匂いがわかるようになると、味も戻ってきた。親子丼を作ったらびっくりするくらい美味しかった。
でもまだ夢を見ているような感じがする。知らないうちに左足首を捻挫していた。歩くとなんだか痛い。
友達が聖書の言葉を送ってくれた。
数日前手紙に、「小説を書くのが夢だ」と書いて送ったのが届いたらしい。書いた本人も忘れた頃になって手紙は届くから、初めはなんだか不思議な気持ちだった。

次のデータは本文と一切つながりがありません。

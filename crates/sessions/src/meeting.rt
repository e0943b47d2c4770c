ghost use Rattle.std.specs.Prelude.{◌≡◌, ◌≢◌};
ghost use Rattle.seat_rules.specs.Places.{IsLegalLog};
ghost use Rattle.sessions.specs.Sessions.{Meets};

use crate::session::Session;
use seat_rules::{SeatTable, Site};

/// Lets two sessions exchange the operations that they have seen. Afterwards, both have seen all
/// that either had, and both were shown the greater count. Allocates nothing, and takes no lock.
pub fn meet<N: Site>(one: &mut Session<N>, other: &mut Session<N>, table: &SeatTable)
    requires { table.now ≡ N.place }
    ensures one { Meets one.old other.old one.new }
    ensures other { Meets other.old one.old other.new }
    ensures same { one.new.seen ≡ other.new.seen }
    ensures legal { IsLegalLog N.place.catalogue one.new.seen }
    ensures apart { one.old.number ≢ other.old.number }
{
    one.seat.host(&mut other.seat, table);
    one.seat.part(&mut other.seat, table);
    let front = one.front.max(other.front);
    let least = one.least.max(other.least);
    one.front = front;
    other.front = front;
    one.least = least;
    other.least = least;
}
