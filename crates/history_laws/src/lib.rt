#![tactic(auto)]
//! Laws of every legal history, above the definitions of rows, replies and answers. Each function
//! does nothing: its contract is a law.

mod growth;
mod law;
mod partitions;
mod same_rows;

pub use growth::legal_histories_stay_legal_over_more_jobs;
pub use law::{
    chunks_go_on_from_their_checkpoints, ends_are_moments_of_operations,
    finished_job_executions_stay_finished, job_executions_go_by_the_plan_of_their_restart,
    job_executions_have_job_instances, job_instances_have_at_most_one_unfinished_job_execution,
    job_names_stand_once_in_order_of_least_job_instance,
    jobs_of_job_executions_are_in_the_catalogue, no_work_is_of_a_carried_or_barred_step,
    purged_job_executions_are_finished, restarts_follow_the_most_recent_job_execution,
    what_is_handed_out_was_ready, work_belongs_to_unfinished_job_executions,
};
pub use partitions::{
    partitioned_steps_end_once_they_are_not_started,
    partitioned_steps_have_the_outcome_of_the_walk,
    partitions_are_kept_until_a_job_execution_is_done,
};
pub use same_rows::histories_with_the_same_rows_are_answered_alike;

Trust in the LORD with all your heart and lean not on your own understanding; in all your ways submit to him, and he will make your paths straight.Proverbs 3:5-6
“For I know the plans I have for you,” declares the LORD, “plans to prosper you and not to harm you, plans to give you hope and a future.”Jeremiah 29:11
「これまでどうやって来たか、何をしてきたかに関係なく、神様はあなたを愛してくれる。あなたのためにそこにいてくれる。神様があなたのために用意してくれている計画は、あなたが思い描くことのできるどんな計画よりも素敵なものだ」ということを友達は伝えてくれた。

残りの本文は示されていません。